Jerry's Enterprises, Inc
- Company type: Private company
- Industry: Retail
- Genre: Supermarket
- Founded: 1947
- Founder: Gerald A. Paulsen
- Headquarters: Edina, Minnesota, United States
- Number of locations: 6
- Area served: Twin Cities Wisconsin Florida
- Key people: Ben Schultes President
- Products: Bakery, dairy, deli, frozen foods, general grocery, meat, pharmacy, produce, seafood, snacks, liquor
- Revenue: US$965 Million (2019)
- Divisions: Jerry's Foods (6); Cub (17); Save-a-Lot (16); Do It Best (5); Rainbow Foods (1, Closed 2019);
- Website: jerrysfoods.com

= Jerry's Foods =

American grocery store chain

Previous logo

Jerry's Enterprises, Inc. (JEI) is an operator of County Market, Cub Foods, Jerry's Foods, and Save-a-Lot grocery stores headquartered in Edina, Minnesota. It was founded in 1947 by CEO Gerald A. (Jerry) Paulsen.

Jerry's Foods is the largest Cub Foods franchise in the United States, with 3 retail supermarkets in the Twin Cities, and 1 in Sanibel, Florida.

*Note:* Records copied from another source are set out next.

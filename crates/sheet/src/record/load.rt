// Reading a sheet from bytes.
ghost use Rattle.std.specs.Prelude.{◌≡◌, true, ◌↔◌, is_ok, is_err, Err};
ghost use Rattle.sheet.specs.declared.fault.Fault.{Fault};
ghost use Rattle.sheet.specs.Bytes.{bytes_of, SheetBytes};
ghost use Rattle.sheet.specs.Conditions.{RefusedFor};
ghost use Rattle.sheet.specs.Loading.{judged, load_result};
ghost use Rattle.sheet.specs.Steps.{body_in};
ghost use Rattle.sheet.specs.Sheets.{judged_as, sheet_of, verdict_of};

use crate::body::Body;
use crate::fault::Fault;
use crate::record::Sheet;
use refusal::Refusal;

impl Body<'_> {
    // The sheet that the bytes stand for.
    fn sheet(&self) -> Result<Sheet, Fault>
        ensures { judged_as result ≡ judged (body_in self.now) }
    {
        let draft = self.draft()?;
        if let Some(row) = draft.first_unnamed() {
            return Err(Fault::new(Refusal::Unnamed, row));
        }
        if let Some(row) = draft.first_wrong_inner() {
            return Err(Fault::new(Refusal::Inner, row));
        }
        Ok(Sheet {
            facts: self.facts,
            count: self.count,
            rows: draft.rows,
            lengths: draft.lengths,
        })
    }
}

impl Sheet {
    // Makes this the sheet that the bytes are; where they are none, it stays as it was.
    pub fn load(&mut self, bytes: &[u8]) -> Result<(), Fault>
        ensures outcome { verdict_of result self.new ≡ load_result bytes.now }
        ensures unchanged { is_err result ≡ true → self.new ≡ self.old }
        ensures succeeds { is_ok result ≡ true ↔ SheetBytes bytes.now }
        ensures same_rows { is_ok result ≡ true → bytes_of (sheet_of self.new) ≡ bytes.now }
        ensures refuses { (f : Fault) → (result ≡ Err f) ↔ RefusedFor bytes.now f.refusal f.row }
    {
        let [facts, rows, rest @ ..] = bytes else {
            return Err(Fault::new(Refusal::Sizes, 0));
        };
        *self = Body::new(*facts, *rows, rest)?.sheet()?;
        Ok(())
    }
}
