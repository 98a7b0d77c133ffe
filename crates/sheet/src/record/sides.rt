// Whether a sheet reaches some fact both plain and turned, found in one sweep from the last row down:
// by the time that a row is come to, every row that could name it has been passed.
ghost use Rattle.std.specs.Prelude.{false, Decides, slice_index_or};
ghost use Rattle.sheet.specs.Sheets.{sheet_of};
ghost use Rattle.sheet.specs.Sides.{OneSided};
ghost use Rattle.sheet.specs.SideSteps.{HandedOn, FactsReached};

use crate::placed::Placed;
use crate::record::Sheet;
use crate::row::Row;

// One of two sides: the rows reached under an even number of nots, with the facts reached plain; or
// the rows reached under an odd number, with the facts reached turned.
#[derive(Clone, Copy)]
struct Side {
    rows: [bool; 32],
    facts: [bool; 16],
}

impl Placed {
    // Raises what this row names and reads, if it is itself raised on the side `same`: on that side, or
    // on the other if it turns what it names or reads.
    fn hand_on(self, same: &mut Side, other: &mut Side)
        ensures { HandedOn self.row (slice_index_or same.old.rows self.at false) same.old other.old same.new other.new }
    {
        if !same.rows[self.at as usize] {
            return;
        }
        match self.row {
            Row::Hold { fact, .. } => same.facts[fact as usize] = true,
            Row::HoldOff { fact, .. } => other.facts[fact as usize] = true,
            Row::Not { row } => other.rows[row as usize] = true,
            _ => self.raise_named(&mut same.rows),
        }
    }
}

impl Sheet {
    // The facts that are reached plain, and those that are reached turned.
    fn facts_reached(&self) -> ([bool; 16], [bool; 16])
        ensures { FactsReached (sheet_of self.now) result.0 result.1 }
    {
        let mut plain = Side {
            rows: [false; 32],
            facts: [false; 16],
        };
        let mut turned = plain;
        plain.rows[self.count as usize - 1] = true;
        for k in (0..self.count).rev() {
            let row = Placed {
                row: self.rows[k as usize],
                at: k,
            };
            row.hand_on(&mut plain, &mut turned);
            row.hand_on(&mut turned, &mut plain);
        }
        (plain.facts, turned.facts)
    }

    // Whether no fact is reached both plain and turned, along any chain of naming from the last row.
    pub fn sided(&self) -> bool
        ensures { Decides result (OneSided (sheet_of self.now)) }
    {
        let (plain, turned) = self.facts_reached();
        !plain
            .iter()
            .zip(&turned)
            .any(|(plain, turned)| *plain && *turned)
    }
}
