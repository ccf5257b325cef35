//! How a walker takes what is between elements, and the ends of elements that hold others.
ghost use Rattle.std.specs.Prelude.{◌≡◌};
ghost use Rattle.tlv_walk.specs.WalkerState.{Between, InEndOctets};
ghost use Rattle.tlv_walk.specs.Walker.{IsWithinInputLimit};
ghost use Rattle.tlv_walk.specs.Private.Stack.{IsFilled};
ghost use Rattle.tlv_walk.specs.Private.WalkerCalls.{end_event_if_taken};
ghost use Rattle.tlv_walk.specs.Private.Yields.{EndsElement, Steps, StepsAtOnce};

use super::{HolderEnd, Phase, Walker};
use crate::{Event, Step};
use tlv_head::FaultCode;

impl Walker<'_> {
    /// Takes what is between two elements, or begins one.
    pub(super) fn between<'a>(&mut self, piece: &mut &'a [u8]) -> Step<'a>
        requires phase { self.old.phase ≡ Between }
        requires not_filled { IsFilled self.old.stack self.old.offset → ⊥ }
        requires limit { IsWithinInputLimit self.old piece.old.now }
        ensures { Steps self.old self.new piece.old.now piece.new.now result }
    {
        let octets: &'a [u8] = *piece;
        let [octet, rest @ ..] = octets else {
            return Step::NeedMore;
        };
        let indefinite = self.stack.is_in_indefinite();
        if indefinite && self.stack.room_in(self.offset) == Some(0) {
            return self.refuse(FaultCode::MissingEnd);
        }
        if *octet != 0 {
            return self.header(piece);
        }
        if indefinite {
            *piece = rest;
            self.offset += 1;
            self.phase = Phase::InEndOctets;
            return self.second_zero(piece);
        }
        if self.padding && self.stack.is_empty() {
            return Step::Event(self.padding(piece));
        }
        self.refuse(FaultCode::StrayEnd)
    }

    /// The end of the innermost element, which is definite and whose contents have all come.
    #[inline(always)]
    pub(super) fn end_filled<'a>(&mut self) -> Event<'a>
        requires phase { self.old.phase ≡ Between }
        requires filled { IsFilled self.old.stack self.old.offset }
        ensures { EndsElement self.old self.new result }
    {
        self.events += 1;
        let Some(wrapper) = self.stack.pop() else {
            unreachable!();
        };
        if wrapper {
            return Event::Leave;
        }
        Event::Close(None)
    }

    /// Takes the end-of-contents octets if both are in the piece and they are allowed here.
    #[inline(always)]
    pub(super) fn take_end_octets<'a>(&mut self, piece: &mut &'a [u8]) -> Option<HolderEnd>
        requires phase { self.old.phase ≡ Between }
        requires limit { IsWithinInputLimit self.old piece.old.now }
        ensures { StepsAtOnce self.old self.new piece.old.now piece.new.now
            (end_event_if_taken result) }
    {
        let octets: &'a [u8] = *piece;
        let [first, second, rest @ ..] = octets else {
            return None;
        };
        if *first != 0 || *second != 0 {
            return None;
        }
        if !self.stack.is_in_indefinite() || !self.stack.is_within(self.offset + 2) {
            return None;
        }
        *piece = rest;
        let offset = self.offset;
        self.stack.pop();
        self.offset += 2;
        self.events += 1;
        Some(HolderEnd::Close(Some(offset)))
    }

    /// Takes the second of the end-of-contents octets.
    pub(super) fn second_zero<'a>(&mut self, piece: &mut &'a [u8]) -> Step<'a>
        requires phase { self.old.phase ≡ InEndOctets }
        requires limit { IsWithinInputLimit self.old piece.old.now }
        ensures { Steps self.old self.new piece.old.now piece.new.now result }
    {
        let octets: &'a [u8] = *piece;
        let [octet, rest @ ..] = octets else {
            return Step::NeedMore;
        };
        if self.stack.room_in(self.offset) == Some(0) {
            return self.refuse(FaultCode::MissingEnd);
        }
        if *octet != 0 {
            return self.refuse(FaultCode::BadEnd);
        }
        *piece = rest;
        let offset = self.offset - 1;
        self.stack.pop();
        self.phase = Phase::Between;
        self.offset += 1;
        self.events += 1;
        Step::Event(Event::Close(Some(offset)))
    }
}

JEI also owns four liquor stores (two operating as Cub Liquor), five hardware stores and two print shops, as well as additional property interests.

==Acquisitions==
In 2004, JEI expanded into Wisconsin with the purchase of two County Market stores from Hudson businessman Dick Schmitz, for an undisclosed price. In 2014, it purchased seven Rainbow Foods stores from Roundy's, a Milwaukee company. Four were converted into Cub Foods, and three remained as Rainbow Foods until they were converted or closed. All are in Minnesota.